After reading the court documents for my filings in my case, I was disturbed that there was not a single document that described what happed to me as “rape”. They use words like “criminal sexual contact”, or “penetration”. Why? Rape is an ugly word, so why not sterilize it a bit, downgrade it? My guess is this sterilization was imposed by old white men, long ago, because it was uncomfortable for them to hear the word spoken aloud. It conjures disgust because it’s disgusting. The heavy lifting of speaking what’s true in a rape trial is put to those that have endured the trauma, and there is nothing in place to hold us up in a courtroom. The people running the show are uneducated about trauma and end up doing terrible damage to already wounded people. It is barbaric.


I’m an over achiever, partly because it’s the way I’m wired, and partly because I’ve worked hard to keep distracted from having to look at the mess in the shadows. If you live life as if you are always on a speeding train, you literally don’t have time to focus on the smaller details. At a distance, I look very put together, and I have accomplished things in spite of being shut off emotionally. I look successful, but I wasn’t able to share myself authentically through most of my life, even with people who I considered safe.


When I was going into the courtroom to testify, I was told to allow myself to be the most vulnerable Laura, to show my wounds that I have camouflaged. I sat out in the hallway and let myself be fully present to the damage inside of me, that I have spent decades burying. I looked at my shaking hands, took a deep breath, stood up and entered the courtroom. It was like walking naked into a room full of strangers.

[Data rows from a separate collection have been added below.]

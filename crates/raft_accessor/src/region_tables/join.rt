//! Tables of one slot joined with those of a newer neighbor, which has the batches directly after these in
//! the same queue. A region mark (`Mark`) says what these batches do to any older table of a region.

ghost use Rattle.std.specs.Prelude.{◌≡◌, IfSome, Some, None};
ghost use Rattle.raft_accessor.specs.Common.{LogQueue, Append, Rewrite, other, IsRun, live_of, IsCounted, IsRecounted, start_of, table_in, live_in, IsPut, IsTableJoined};
ghost use Rattle.std.specs.FinMap as finite;

use crate::boxed_table::BoxedTable;
use crate::region_tables::RegionTables;
use raft_base::{AllocResult, LogQueue, Result};
use raft_table::{GlobalStats, Mark, MemTable};

impl RegionTables {
    /// Puts the newer table of the region `id`, or its absence, over the older one that stands here, as the
    /// newer region mark `mark` says. Returns two indexes: that of the first older entry, and the one after
    /// the last older entry that the mark's first run meets. Each is 0 if there is no such entry.
    ///
    /// # Errors
    ///
    /// Those of [`MemTable::join_under`]; `Memory`. `newer` is dropped then, and the counts still agree with
    /// the tables.
    pub(crate) fn join_table(
        &mut self,
        queue: LogQueue,
        id: u64,
        newer: Option<BoxedTable>,
        mark: &Mark,
        stats: &mut GlobalStats,
    ) -> Result<(u64, u64)>
        requires region { IfSome newer (λ t. t.region_id ≡ id) }
        requires own { live_in (other queue) newer ≡ 0 }
        requires older { queue ≡ Rewrite → live_of Append (table_in self.old id) ≡ 0 }
        requires counted { IsCounted (table_in self.old id) stats.old }
        ensures { IsTableJoined queue mark.now newer self.old id stats.old result self.new
            stats.new }
    {
        match newer {
            Some(newer) => self.join_newer_table(queue, id, newer, mark, stats),
            None => self.apply_newer_mark(queue, id, mark, stats),
        }
    }

    /// Returns how many regions of the slot have a table.
    pub fn len(&self) -> usize
        ensures { result ≡ finite.len self.now }
    {
        self.tables.len()
    }

    /// Reserves memory so that the slot can hold `count` tables, with those that it has.
    ///
    /// # Errors
    ///
    /// `AllocError` if there is no memory. The tables are the same in either case.
    pub(crate) fn make_room(&mut self, count: usize) -> AllocResult<()>
        ensures { self.new ≡ self.old }
    {
        self.tables.reserve(count.saturating_sub(self.tables.len()))
    }

    /// Puts `newer` over the older table of the region `id`, as the newer region mark `mark` says, or under
    /// the region's id if it has no older table. Returns the two indexes of [`RegionTables::join_table`].
    ///
    /// # Errors
    ///
    /// Those of [`RegionTables::join_table`]. `newer` is dropped then.
    fn join_newer_table(
        &mut self,
        queue: LogQueue,
        id: u64,
        newer: BoxedTable,
        mark: &Mark,
        stats: &mut GlobalStats,
    ) -> Result<(u64, u64)>
        requires region { newer.region_id ≡ id }
        requires own { live_of (other queue) newer ≡ 0 }
        requires older { queue ≡ Rewrite → live_of Append (table_in self.old id) ≡ 0 }
        requires counted { IsCounted (table_in self.old id) stats.old }
        ensures { IsTableJoined queue mark.now (Some newer) self.old id stats.old result self.new
            stats.new }
    {
        if let Some(table) = self.tables.get_mut(&id) {
            return put_newer_over(&mut table.boxed, queue, newer, mark, stats);
        }
        self.insert_boxed(id, newer, stats)?;
        Ok((0, 0))
    }

    /// Drops from the older table of the region `id` what the newer region mark `mark` takes away, where the
    /// newer neighbor has no table of the region. If the mark cleans the region, the whole table goes.
    /// Returns the two indexes of [`RegionTables::join_table`].
    ///
    /// # Errors
    ///
    /// `Corruption` if, in the append queue, a run among the mark's steps would leave a hole after the older
    /// entries; `Memory`. The counts still agree with the table then.
    fn apply_newer_mark(
        &mut self,
        queue: LogQueue,
        id: u64,
        mark: &Mark,
        stats: &mut GlobalStats,
    ) -> Result<(u64, u64)>
        requires older { queue ≡ Rewrite → live_of Append (table_in self.old id) ≡ 0 }
        requires counted { IsCounted (table_in self.old id) stats.old }
        ensures { IsTableJoined queue mark.now None self.old id stats.old result self.new
            stats.new }
    {
        let Some(table) = self.get(id) else {
            return Ok((0, 0));
        };
        if !mark.is_cleaned() {
            let empty = BoxedTable::empty(self.alloc, id)?;
            return self.join_newer_table(queue, id, empty, mark, stats);
        }
        let start = first_index_or_zero(table);
        let end = table.end_at_reach(mark);
        table.check_newer_mark(queue, mark, end)?;
        self.remove(id, stats);
        Ok((start, end))
    }
}

/// Puts `newer` over the table `older` of the same region, as the newer region mark `mark` says. Returns two
/// indexes: that of the first older entry, and the one after the last older entry that the mark's first run
/// meets. Each is 0 if there is no such entry.
///
/// # Errors
///
/// Those of [`MemTable::join_under`]. `newer` is dropped then.
fn put_newer_over(
    older: &mut MemTable,
    queue: LogQueue,
    mut newer: BoxedTable,
    mark: &Mark,
    stats: &mut GlobalStats,
) -> Result<(u64, u64)>
    requires region { older.old.region_id ≡ newer.region_id }
    requires own { live_of (other queue) newer ≡ 0 }
    requires older { queue ≡ Rewrite → live_of Append older.old ≡ 0 }
    requires counted { IsCounted older.old stats.old }
    ensures put { IsPut queue mark.now newer stats.old result older.old older.new }
    ensures region_id { older.new.region_id ≡ older.old.region_id }
    ensures recounted { IsRecounted older.old older.new stats.old stats.new }
{
    let start = first_index_or_zero(older);
    let end = older.join_under(queue, &mut newer.boxed, mark, stats)?;
    Ok((start, end))
}

/// Returns the index of the first entry of `table`, or 0 if it has none.
fn first_index_or_zero(table: &MemTable) -> u64
    ensures start { result ≡ start_of table.now.entries }
    ensures run { IsRun table.now.entries }
{
    table.holds_one_run();
    table.ends().0
}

Trial for a sexual assault survivor is no place for justice. It’s a wounding room. A place where victims are re-victimized, where skilled practitioners sterilize the experience of victims who don’t understand the system and aren’t able to defend themselves. People who are shackled to their pain so they will look the part. There is no moment when you can stand up and let out a primal roar, even though you want to so you don’t have to keep your most vulnerable parts under a white-hot light. You can’t let them see you strong if you’re trying to show them how broken you are, because that is what the insurance companies base their numbers on. It’s not about justice, it’s about a fucking list of numbers.


In a murder trial, the focus in trial is on how heinous the act was, not how dead the victim is. If it’s a trial for armed robbery, the focus is on the robber, not the person that was robbed. You never hear, “Are you sure you didn’t do something to make that person believe you wanted them to rob you?” Trial for a sexual assault survivor is about scars, mostly hidden ones because the damage is inside us, in our psyches. And these scars are poked and prodded and made to bleed again because if you’re not bleeding you must not be hurt. If you’re not in the psych ward you must be lying if you say you feel like you’re going crazy. There are price tags on harm and we have to prove the worth. “Did you Scream?” No. Must not have been so scary. “Did you tell anyone?” No. Must not have been so traumatic. “Did it happen again?” No. Two times would have been worse, much more painful. “Did he have a weapon?” No. Must not have been forced.


Here’s the ugly truth, I’ve even done this myself. This year, a male friend told me that he had been assaulted by a respected member of our community. I believed him of course. He had no reason to lie to me. In spite of that, my mind when to, “Was it just touching or was he fucked? We should find out if there were others so it will add legitimacy to his claim.” I got sick to my stomach that these thoughts that would even enter my mind. I hated myself for it. This is how rape culture is embedded in me, a rape victim myself. We are trained, programed to downgrade sex crimes. I hear about a gang rape and I wonder “how many guys. Five? Ten?” Isn’t one enough? Honest to god, isn’t one rape bad enough? I can tell you from my own experience, one is enough.